Everybody remarks that I drive very smoothly, except my son, who thinks I drive like an old lady. Maybe he'll come around in a few years.


----------



## JackalopeZX3 (Dec 13, 2009)

That's good. (cept the ol'e lady part) Friends say I drive to crazy. Never starting out that way, after 37 miles to work I'm so wound up by numerous encounters with idiots, I drive faster to focus more and take my mine off all the dumb things I see. (and to put distance between myself and them) In almost 40 years of driving I've never had an crash (prefer to call them that as accidents are wrecks that can not be avoided ie. a deer running out in front of a car.) Crashes are caused by drivers not paying attention. In the last 2 years I've been hit 3X! All 3 times by drivers just driving straight into me from the side! They were ticketed and their insurance paid. $18,000 damage to my X3 3 weeks after getting it. A kid with no lights on at dawn, not signaling, oncoming and turning left into me (I was sitting 3 back of a red light). Facebooked as a "party guy". Didn't want it totaled because I couldn't replace it since it's a stick. Which brings me to just plain laziness of drivers today. When to look at the new X3's and was stocked that I could not even ORDER a manual! Guess I'll keep my X3 till I can't drive anymore. Guess people need a free hand for that Blackberry stead of a stick. Car makers could save alot by just adding signals as an option also!


----------



## Searaven98 (May 12, 2011)

I just read this in the news:

More than one-third of college students use mobile phone applications while driving, according to a new study. Some students even continue the dangerous practice after being in auto accidents while using mobile apps. 

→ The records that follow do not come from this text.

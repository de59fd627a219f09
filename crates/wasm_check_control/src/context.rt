ghost use Rattle.std.specs.Prelude.{◌≡◌};
ghost use Rattle.std.specs.Option.{option_map};
ghost use Rattle.wasm_typing.specs.Matching.{IsOrder};
ghost use Rattle.wasm_check_control.specs.Environment.{Environment, composite_kind, type_of, global_of, table_of, stack_of, fields_of};

use wasm_below::{RefType, ValType};
use wasm_types::FieldType;

/// The kind of a composite type.
#[derive(Clone, Copy, Debug, PartialEq, Eq)]
pub enum CompositeKind {
    Func,
    Struct,
    Array,
}

/// A function type. The last type is on top of the stack.
#[derive(Clone, Copy, Debug)]
pub struct FuncType<'m> {
    pub params: &'m [ValType],
    pub results: &'m [ValType],
}

/// A local.
#[derive(Clone, Copy, Debug)]
pub struct LocalType {
    pub content_type: ValType,
    /// Whether the local is set when the function starts: it is a parameter, or its type has a
    /// default value.
    pub is_set: bool,
}

#[derive(Clone, Copy, Debug)]
pub struct GlobalType {
    pub content_type: ValType,
    pub mutable: bool,
}

#[derive(Clone, Copy, Debug)]
pub struct TableType {
    pub element_type: RefType,
    /// Whether the indices of elements are `i64`.
    pub table64: bool,
}

/// A structure type.
#[derive(Clone, Copy, Debug)]
pub struct StructType<'m> {
    pub fields: &'m [FieldType],
}

/// What a module and a function say about the types of operators. Specification: Validation,
/// Contexts.
///
/// Each function returns `None` if there is nothing with this index.
pub trait ModuleContext {
    // The part of the context that the functions read.
    ghost environment: { Self → Environment };

    /// States that matching of defined types is a preorder that keeps kinds. The body is empty.
    fn is_well_formed(&self)
        ensures { IsOrder (environment self.now).order };

    /// Returns whether the type at `index` matches the type at `of`. Specification: Matching,
    /// Defined Types.
    fn is_subtype(&self, index: u32, of: u32) -> bool
        ensures { result ≡ (environment self.now).order.subtype index of };

    fn composite_kind(&self, index: u32) -> Option<CompositeKind>
        ensures { option_map composite_kind result ≡ (environment self.now).order.kind index };

    /// Returns the function type at a type index.
    fn type_at(&self, index: u32) -> Option<FuncType<'_>>
        ensures { option_map type_of result ≡ (environment self.now).types index };

    /// Returns the structure type at a type index.
    fn struct_type(&self, index: u32) -> Option<StructType<'_>>
        ensures { option_map fields_of result ≡ (environment self.now).structures index };

    /// Returns the type of the elements of the array type at a type index.
    fn array_elements(&self, index: u32) -> Option<FieldType>
        ensures { result ≡ (environment self.now).arrays index };

    /// Returns the type of a function.
    fn function_type(&self, index: u32) -> Option<FuncType<'_>>
        ensures { option_map type_of result ≡ (environment self.now).functions index };

    /// Returns the type of a local. The context of a module alone has no locals.
    fn local_type(&self, index: u32) -> Option<LocalType>
        ensures { result ≡ (environment self.now).locals index };

    fn global_type(&self, index: u32) -> Option<GlobalType>
        ensures { option_map global_of result ≡ (environment self.now).globals index };

    fn table_type(&self, index: u32) -> Option<TableType>
        ensures { option_map table_of result ≡ (environment self.now).tables index };

    /// Returns whether the addresses of a memory are `i64`.
    fn memory64(&self, index: u32) -> Option<bool>
        ensures { result ≡ (environment self.now).memories index };

    /// Returns the type of a tag. Its parameters are the operands of an exception.
    fn tag_type(&self, index: u32) -> Option<FuncType<'_>>
        ensures { option_map type_of result ≡ (environment self.now).tags index };

    /// Returns the type of the elements of a segment.
    fn element_type(&self, index: u32) -> Option<RefType>
        ensures { result ≡ (environment self.now).elements index };

    /// Returns whether there is a data segment with this index.
    fn has_data(&self, index: u32) -> bool
        ensures { result ≡ (environment self.now).has_data index };

    /// Returns whether a reference to a function is declared outside of function bodies.
    fn is_declared(&self, function_index: u32) -> bool
        ensures { result ≡ (environment self.now).is_declared function_index };

    /// Returns the type index of a function.
    fn type_index(&self, function_index: u32) -> Option<u32>
        ensures { result ≡ (environment self.now).type_indices function_index };

    /// Returns the results of the function. The context of a module alone has none.
    fn results(&self) -> &[ValType]
        ensures { stack_of result.now ≡ (environment self.now).results };
}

After surveying 93 college students who own a smartphone and use Internet-based applications on it at least four or more times per week, researchers from the University of Alabama at Birmingham found that 10 percent of the students "often," "almost always" or "always" use mobile apps while driving, while one-third indicated they "sometimes" use the apps while driving. 


Now some comments about this:


----------



## Searaven98 (May 12, 2011)

Oops sorry but here are the comments:

"as a member of the collision repar industry i would like to thank all cell phone users who think they can use them and drive. if it wasn't for your stupidity i wouldn't be able to send my son to an ivy league college or have a 4 day work week and make as much or more than the average lawyer and doctor and i only have to drive 1 mile to work.Its amazing how cell phone have eclipsed drunk driving hits.and by the way the i swerved to miss a deer story is growing old.I would also like to thank the walmart parking lot for the rest of my income remember the cameras only catch the first two rows of the lot and even the furthest corne rback spot is fair game. everytime i see someone yapping on their cell while driving i see dollar signs and that goes double for every cop i see with one glued to their head and they know who im talking about".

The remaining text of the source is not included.